• [Task brief]: In the listing below, locate the line that contains "filename crates/fuzzy_meaning/src/degrees.rt" and the line that contains "pub(crate) const NONE: Frac". Restate word for word those two lines and every line between them, and nothing else.

==== Records supplied ====

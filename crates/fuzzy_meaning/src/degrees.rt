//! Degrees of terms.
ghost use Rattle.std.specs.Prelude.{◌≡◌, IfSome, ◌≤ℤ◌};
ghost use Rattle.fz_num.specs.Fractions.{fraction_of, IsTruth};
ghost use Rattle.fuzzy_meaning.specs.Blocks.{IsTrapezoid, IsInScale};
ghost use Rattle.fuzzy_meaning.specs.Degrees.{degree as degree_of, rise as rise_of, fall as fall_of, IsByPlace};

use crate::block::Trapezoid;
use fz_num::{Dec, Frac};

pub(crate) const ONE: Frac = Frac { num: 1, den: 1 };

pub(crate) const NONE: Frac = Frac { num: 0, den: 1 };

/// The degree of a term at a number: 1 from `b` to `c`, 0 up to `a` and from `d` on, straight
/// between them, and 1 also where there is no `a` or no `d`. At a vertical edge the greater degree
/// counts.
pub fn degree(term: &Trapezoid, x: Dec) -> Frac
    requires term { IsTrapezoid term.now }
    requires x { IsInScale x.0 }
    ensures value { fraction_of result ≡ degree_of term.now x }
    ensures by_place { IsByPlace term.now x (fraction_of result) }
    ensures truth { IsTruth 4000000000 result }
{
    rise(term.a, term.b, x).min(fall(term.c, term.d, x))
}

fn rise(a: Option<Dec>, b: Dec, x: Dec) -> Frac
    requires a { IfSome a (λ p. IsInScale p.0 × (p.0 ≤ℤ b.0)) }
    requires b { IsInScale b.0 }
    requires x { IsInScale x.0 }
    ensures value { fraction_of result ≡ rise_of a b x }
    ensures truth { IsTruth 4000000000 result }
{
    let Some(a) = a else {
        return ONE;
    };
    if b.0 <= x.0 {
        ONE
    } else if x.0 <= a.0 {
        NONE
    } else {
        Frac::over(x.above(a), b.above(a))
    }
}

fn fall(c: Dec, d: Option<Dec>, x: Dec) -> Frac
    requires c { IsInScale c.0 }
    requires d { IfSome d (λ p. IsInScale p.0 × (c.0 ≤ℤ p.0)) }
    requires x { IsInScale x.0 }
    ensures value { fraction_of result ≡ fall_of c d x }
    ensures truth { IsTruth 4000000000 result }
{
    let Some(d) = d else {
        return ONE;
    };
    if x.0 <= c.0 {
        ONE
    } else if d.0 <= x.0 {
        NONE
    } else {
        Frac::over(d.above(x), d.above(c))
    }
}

====
==== Records supplied ====

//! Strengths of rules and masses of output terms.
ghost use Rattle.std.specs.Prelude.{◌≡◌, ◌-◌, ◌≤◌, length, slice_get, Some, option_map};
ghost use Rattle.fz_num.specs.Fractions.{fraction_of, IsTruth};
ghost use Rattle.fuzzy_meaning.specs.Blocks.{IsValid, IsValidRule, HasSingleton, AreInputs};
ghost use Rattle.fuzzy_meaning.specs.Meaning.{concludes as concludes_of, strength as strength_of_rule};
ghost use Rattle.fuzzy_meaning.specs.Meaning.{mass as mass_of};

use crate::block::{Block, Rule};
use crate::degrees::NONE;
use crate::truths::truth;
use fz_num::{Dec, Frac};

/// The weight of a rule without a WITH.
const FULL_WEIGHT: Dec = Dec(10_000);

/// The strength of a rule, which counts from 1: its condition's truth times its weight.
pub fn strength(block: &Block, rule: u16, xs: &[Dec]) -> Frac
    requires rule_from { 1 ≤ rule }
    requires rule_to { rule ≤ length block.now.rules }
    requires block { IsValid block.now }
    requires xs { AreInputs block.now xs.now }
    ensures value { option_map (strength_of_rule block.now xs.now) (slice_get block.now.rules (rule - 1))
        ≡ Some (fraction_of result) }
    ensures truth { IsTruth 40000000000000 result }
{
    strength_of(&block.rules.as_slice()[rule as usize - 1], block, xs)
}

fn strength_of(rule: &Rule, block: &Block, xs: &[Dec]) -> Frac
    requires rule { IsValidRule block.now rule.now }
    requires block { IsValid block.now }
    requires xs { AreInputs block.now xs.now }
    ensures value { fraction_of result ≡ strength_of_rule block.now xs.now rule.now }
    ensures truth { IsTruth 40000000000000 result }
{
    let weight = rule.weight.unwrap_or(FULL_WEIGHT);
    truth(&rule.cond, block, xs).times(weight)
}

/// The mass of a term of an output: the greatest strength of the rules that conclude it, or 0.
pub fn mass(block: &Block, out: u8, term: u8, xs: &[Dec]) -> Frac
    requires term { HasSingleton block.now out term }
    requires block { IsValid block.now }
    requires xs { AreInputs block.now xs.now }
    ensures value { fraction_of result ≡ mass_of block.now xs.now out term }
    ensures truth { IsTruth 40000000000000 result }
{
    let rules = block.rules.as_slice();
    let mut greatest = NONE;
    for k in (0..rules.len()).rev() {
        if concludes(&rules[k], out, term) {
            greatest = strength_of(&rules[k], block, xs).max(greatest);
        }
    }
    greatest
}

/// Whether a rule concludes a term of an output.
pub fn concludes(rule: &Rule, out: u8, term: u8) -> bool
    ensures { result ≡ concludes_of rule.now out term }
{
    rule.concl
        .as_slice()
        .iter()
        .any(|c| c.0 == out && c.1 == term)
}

====

• [Answer space]:
filename crates/fuzzy_meaning/src/degrees.rt
//! Degrees of terms.
ghost use Rattle.std.specs.Prelude.{◌≡◌, IfSome, ◌≤ℤ◌};
ghost use Rattle.fz_num.specs.Fractions.{fraction_of, IsTruth};
ghost use Rattle.fuzzy_meaning.specs.Blocks.{IsTrapezoid, IsInScale};
ghost use Rattle.fuzzy_meaning.specs.Degrees.{degree as degree_of, rise as rise_of, fall as fall_of, IsByPlace};

use crate::block::Trapezoid;
use fz_num::{Dec, Frac};

pub(crate) const ONE: Frac = Frac { num: 1, den: 1 };

pub(crate) const NONE: Frac = Frac { num: 0, den: 1 };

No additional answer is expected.